You set the budget rails and the goals each agent operates within. Genuine conflicts outside those rules come to you.
SellerClaw
@davitausberlin Great question. The short answer: the supervisor resolves it through unit economics, not by picking a favorite agent.
The moment we list a product, we map every non-recoverable cost: category commission, fulfillment and shipping. (Those differ by model, FBA carries Amazon's own fees, while self-fulfilled orders on Shopify or other channels run on USPS, UPS, FedEx, or FBA rates depending on item dimensions and the state you ship from.) Once that full P&L picture is in place, the supervisor knows the allowable ACoS/TACoS and exactly how much of the margin can go to ads.
So in your example, profitability comes first.

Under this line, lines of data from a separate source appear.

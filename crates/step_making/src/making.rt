//! A step that is made: its outputs and what is recorded of them first, then the change of the node.
ghost use Rattle.std.specs.Prelude.{◌≡◌, IfOk, OnOk, OnErr};
ghost use Rattle.node_parts.specs.Drafts.{stamped_draft, only_response};
ghost use Rattle.node_parts.specs.Making.{CanMake, IsApplied};
ghost use Rattle.node_step.specs.Plain.{HasNoReply};

use crate::applying::apply;
use node_parts::{Draft, NodeParts};
use node_step::{Messages, Outputs, Promoted, Recorder, Releases, Response};
use repl_stream::Stream;
use slot_store::SlotParts;
use std::alloc::AllocError;
use std::mem;

/// Makes a drafted step. Outputs and what `K` records of them are made before the node changes, so that a refusal leaves
/// the node as it was.
pub fn make<S: SlotParts, T: Stream, K: Recorder>(
    node: &mut NodeParts<S, T>,
    ticket: u64,
    draft: &mut Draft,
) -> Result<(Outputs, K::Record), AllocError>
    requires { CanMake node.old draft.old }
    ensures outputs { IfOk result (λ made. made.0 ≡ stamped_draft node.old ticket draft.old) }
    ensures state { OnOk result (IsApplied node.old draft.old node.new) }
    ensures recorded { IfOk result (λ made. K.recorded made.1 ≡ made.0) }
    ensures err { OnErr result (node.new ≡ node.old) }
{
    let made = stamp::<S, T, K>(node, ticket, draft)?;
    apply(node, draft)?;
    Ok(made)
}

// Takes what comes out of the draft, stamped, and what is recorded of it.
fn stamp<S: SlotParts, T: Stream, K: Recorder>(
    node: &NodeParts<S, T>,
    ticket: u64,
    draft: &mut Draft,
) -> Result<(Outputs, K::Record), AllocError>
    ensures outputs { IfOk result (λ made. made.0 ≡ stamped_draft node.now ticket draft.old) }
    ensures recorded { IfOk result (λ made. K.recorded made.1 ≡ made.0) }
    ensures epoch { draft.new.epoch ≡ draft.old.epoch }
    ensures written { draft.new.written ≡ draft.old.written }
    ensures plan { draft.new.plan ≡ draft.old.plan }
    ensures change { draft.new.change ≡ draft.old.change }
    ensures succession { draft.new.succession ≡ draft.old.succession }
{
    let promoted = node.promoted(&draft.succession)?;
    let bodies = mem::replace(&mut draft.bodies, Vec::new(node.alloc));
    let sent = Messages::stamped(node.alloc, node.number, ticket, draft.epoch, bodies)?;
    recorded::<K>(Outputs {
        ticket,
        response: mem::replace(&mut draft.response, Response::Nothing),
        released: mem::replace(&mut draft.released, Releases::new()),
        sent,
        promoted,
    })
}

// The outputs with their record.
fn recorded<K: Recorder>(outputs: Outputs) -> Result<(Outputs, K::Record), AllocError>
    ensures outputs { IfOk result (λ made. made.0 ≡ outputs) }
    ensures recorded { IfOk result (λ made. K.recorded made.1 ≡ made.0) }
{
    let record = K::record(&outputs)?;
    Ok((outputs, record))
}

/// The outputs of a step that gives this response and nothing else, which take no memory.
pub fn plain<K: Recorder>(ticket: u64, response: Response) -> (Outputs, K::Record)
    requires { HasNoReply response }
    ensures outputs { result.0 ≡ only_response ticket response }
    ensures recorded { K.recorded result.1 ≡ result.0 }
{
    let outputs = responded(ticket, response);
    let Ok(record) = K::record(&outputs) else {
        unreachable!();
    };
    (outputs, record)
}

// The outputs of a step that gives this response and nothing else.
fn responded(ticket: u64, response: Response) -> Outputs
    ensures { result ≡ only_response ticket response }
{
    Outputs {
        ticket,
        response,
        released: Releases::new(),
        sent: Messages::new(),
        promoted: Promoted::none(),
    }
}
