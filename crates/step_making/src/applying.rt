//! How a draft is made: its change, and behind the stream what it writes.
ghost use Rattle.std.specs.Prelude.{◌≡◌, ◌+◌, ◌<◌, ◌≤◌, ◌^◌, true, length, OnOk, OnErr};
ghost use Rattle.bus.specs.Stream.{received};
ghost use Rattle.node_parts.specs.Becomes.{CanBeMade};
ghost use Rattle.node_parts.specs.Drafts.{MayCount};
ghost use Rattle.node_parts.specs.Making.{CanMake, GoesOn, IsApplied, IsMade};
ghost use Rattle.node_parts.specs.Succession.{succeeded_by};

use crate::beginning::begin;
use crate::finishing::finish;
use keyspace::Plan;
use node_parts::{Change, Draft, NodeParts, Succession};
use repl_stream::{NodeStream, Stream, Written};
use slot_store::SlotParts;
use std::alloc::AllocError;

/// Makes the change of a draft, puts what it writes behind the stream, sets the epoch, and promotes the node, if the draft says so.
#[inline(always)]
pub(crate) fn apply<S: SlotParts, T: Stream>(
    node: &mut NodeParts<S, T>,
    draft: &mut Draft,
) -> Result<(), AllocError>
    requires { CanMake node.old draft.old }
    ensures ok { OnOk result (IsApplied node.old draft.old node.new) }
    ensures err { OnErr result (node.new ≡ node.old) }
{
    change_and_write(node, &draft.written, &mut draft.plan, &mut draft.change)?;
    node.election.current_epoch = draft.epoch;
    succeed_by(node, draft.succession.take());
    Ok(())
}

// Promotes the node, if there is a succession.
fn succeed_by<S: SlotParts, T: Stream>(node: &mut NodeParts<S, T>, succession: Option<Succession>)
    ensures { node.new ≡ succeeded_by succession node.old }
{
    if let Some(succession) = succession {
        node.succeed(succession);
    }
}

// Makes a change, and puts what is written behind the stream. All memory that this takes is there before anything can't be undone.
#[tactic(auto, using(crate::proofs::HalfLemmas::both_halves))]
fn change_and_write<S: SlotParts, T: Stream>(
    node: &mut NodeParts<S, T>,
    written: &Written,
    plan: &mut Plan,
    change: &mut Change,
) -> Result<(), AllocError>
    requires change { CanBeMade node.old plan.old change.old }
    requires counted { MayCount node.old written.now }
    ensures ok { OnOk result (IsMade node.old plan.old change.old written.now.bytes node.new) }
    ensures err { OnErr result (node.new ≡ node.old) }
{
    make_room(&mut node.stream, written.len())?;
    begin(node.alloc, &mut node.store, &mut node.moves, plan, &*change)?;
    write(&mut node.stream, written);
    finish(node, change);
    Ok(())
}

// Makes room for so many bytes behind the stream. That they have offsets was seen before.
fn make_room<T: Stream>(stream: &mut NodeStream<T>, count: usize) -> Result<(), AllocError>
    ensures stream { stream.new.stream ≡ stream.old.stream }
    ensures keeps { stream.new.keeps ≡ stream.old.keeps }
    ensures room { OnOk result (count ≤ stream.new.room) }
    ensures offset { OnOk result (received stream.new.stream + count < 2 ^ 64) }
{
    match stream.reserve(count) {
        Ok(()) => Ok(()),
        Err(_fault) => Err(AllocError),
    }
}

// Puts what is written behind the stream, if it is anything.
#[tactic(auto, using(crate::proofs::HalfLemmas::nothing_written, crate::proofs::HalfLemmas::some_written))]
fn write<T: Stream>(stream: &mut NodeStream<T>, written: &Written)
    requires room { length written.now.bytes ≤ stream.old.room }
    requires offset { received stream.old.stream + length written.now.bytes < 2 ^ 64 }
    requires counted { written.now.is_counted ≡ true → stream.old.keeps ≡ 0 }
    ensures goes_on { GoesOn stream.old.keeps written.now.bytes stream.old.stream stream.new.stream }
    ensures keeps { stream.new.keeps ≡ stream.old.keeps }
{
    if !written.is_empty() {
        stream.append(written);
    }
}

The pricing and advertising agents don't fight, they operate inside the same economic envelope. The system won't green-light ad spend that pushes a SKU into the red. The one deliberate exception is an investment window, where the supervisor may approve heavier ad spend on purpose to gather early reviews and build organic ranking that pays back later. But that's a conscious call, not an agent winning a tug-of-war.
In short: economics sets the boundaries, and the agents optimize within them rather than against each other.